Se, por um lado, parte da remessa da CoronaVac prevista para fevereiro ficará só no papel, a expectativa é de que cheguem até a próxima quinta-feira mais dois milhões de doses da Covishield, produzida pela AstraZeneca e pela Universidade de Oxford, que serão importadas da Índia. A informação foi confirmada pelo governador do Piauí, Wellington Dias, presidente do Consórcio Nordeste e coordenador da temática de vacina no Fórum Nacional de Governadores.

“Até abril vamos totalizar 104 milhões de doses, o que é suficiente para imunizar os 50 milhões de brasileiros da primeira fase, onde está o grupo de maior risco. A expectativa de efeito é uma redução da pressão com internações e dos óbito nesse grupo, que corresponde por cerca de 70% das hospitalizações e mortes. Até segunda-feira o ministro vai apresentar com sua equipe para todos os estados o cronograma do quantitativo para cada unidade da federação em relação ao que foi passado na reunião”, destacou Dias.
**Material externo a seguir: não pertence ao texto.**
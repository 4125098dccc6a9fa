// 6. Give up: the station stops waiting on the neighbour. Why the net is lent in no struct: access/src/change.rt.
#![tactic(auto)]

ghost use Rattle.std.specs.Prelude.{◌≡◌, ◌<◌};
ghost use Rattle.protocol.specs.Net.{Net};
ghost use Rattle.protocol.specs.Rules as rule;
ghost use Rattle.layout.specs.Marks.{mark_of};
ghost use Rattle.net.specs.View.{view};
ghost use Rattle.access.specs.Inner.Nets.{IsNet};
ghost use Rattle.access.specs.Inner.Seen.{net_of};
ghost use Rattle.action.specs.Inner.Ends.{ActionEnd};

use access::change::Whole;
use access::read::NetBytes;
use action::Answer;
use action::operands::of_pair;
use layout::form::Mark;

// Whether p waits on q in vain.
fn may_give_up(net: &NetBytes, g: u8, p: u8, q: u8) -> bool
    requires { (g < (net_of net.now).groups) × (p < (net_of net.now).stations) × (q < (net_of net.now).stations) }
    ensures { result ≡ (rule.give_up (net_of net.now) g p q).enabled }
{
    bits::mask::has_at(net.entry(g, p).waiting, usize::from(q)) && net.quiet(g, p, q)
}

pub fn give_up(net: &mut Whole, m: Mark, g: u8, p: u8, q: u8) -> Answer
    requires net { IsNet net.old }
    requires m_value { m ≡ mark_of net.old }
    ensures { ActionEnd (rule.give_up (view net.old) g p q) net.old result net.new }
{
    let seen = NetBytes {
        bytes: net,
        mark: m,
    };
    if !of_pair(&seen, g, p, q) {
        return Answer::Refused;
    }
    if !may_give_up(&seen, g, p, q) {
        return Answer::Refused;
    }
    let e = seen.entry(g, p);
    access::change::set_waiting(net, m, g, p, bits::mask::without(e.waiting, q));
    Answer::Changed
}
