// What a read gave, by its answer; and answers of the main call, in words on standard output.
#![tactic(auto)]

ghost use Rattle.std.specs.Prelude.{◌≡◌, length, Err};
ghost use Rattle.book.specs.Refusals.{parse, refusal};
ghost use Rattle.dockwrench.specs.Answers.{check_of, buffer_after, work_after};
ghost use Rattle.report.specs.Reading.{gave_of};

use book::refusal::{Reason, Refusal};
use dockwrench::Checked;
use lines::STDOUT_FILENO;

// A read failed.
#[derive(Clone, Copy)]
pub struct ReadError;

// How many bytes a call of C's read into this buffer gave, by its answer. 0 bytes are the end of the input, and an error is not.
pub fn gave(answer: isize, buffer: &[u8]) -> Result<usize, ReadError>
    ensures { result ≡ gave_of answer (length buffer.now) }
{
    if answer < 0 {
        return Err(ReadError);
    }
    Ok(io::count(answer, buffer))
}

// Writes `refused`, a refusal's number and its place.
fn write_refused(number: usize, place: usize) {
    io::write_all(STDOUT_FILENO, b"refused ");
    io::print_decimal(STDOUT_FILENO, number as u64);
    io::write_all(STDOUT_FILENO, b" ");
    io::print_decimal(STDOUT_FILENO, place as u64);
    io::write_all(STDOUT_FILENO, b"\n");
}

// The refusal of this number at this place, which is also written.
pub fn refused(number: usize, place: usize) -> Result<Checked, Refusal>
    ensures { result ≡ Err (refusal number place) }
{
    write_refused(number, place);
    Err(Refusal { number, place })
}

// Writes an answer of the main call, which left its findings in the buffer.
fn show(answer: Result<Checked, Refusal>, findings: &[u8]) {
    match answer {
        Ok(Checked::Found(count)) => {
            lines::show_findings(findings, count);
        }
        Ok(Checked::NoRoom(_)) => write_refused(Reason::FindingsExceed as usize, 0),
        Err(refusal) => write_refused(refusal.number, refusal.place),
    }
}

// The main call, whose answer is also written.
pub fn list(book: &[u8], findings: &mut [u8], work: &mut [u64]) -> Result<Checked, Refusal>
    ensures answer { result ≡ check_of (parse book.now) (length findings.old) (length work.old) }
    ensures buffer { findings.new ≡ buffer_after (parse book.now) (length work.old) findings.old }
    ensures work { work.new ≡ work_after (parse book.now) work.old }
{
    let answer = dockwrench::check(book, findings, work);
    show(answer, findings);
    answer
}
O cronograma apresentado por Pazuello também inclui negociações, que ainda não foram fechadas oficialmente, com os laboratórios União Química/Gamaleya e Precisa/Bharat Biotech, que pretendem garantir a chegada da vacina russa Sputnik V e da indiana Covaxin, respectivamente. “A previsão é de que o contrato com os dois laboratórios seja assinado ainda nesta semana”, disse o ministério.

Sob pressão
A falta de informações concretas sobre o PNI faz com que Pazuello continue sujeito às pressões. Por meio de nota, a Confederação Nacional de Municípios (CNM) pediu na última terça-feira a troca de comando da pasta. “Por considerar que a vacinação é o único caminho para superar a crise sanitária e possibilitar a retomada do desenvolvimento econômico e social e por não acreditar que a atual gestão reúna as condições para conduzir este processo, o movimento municipalista entende necessária, urgente e inevitável a troca de comando da pasta”.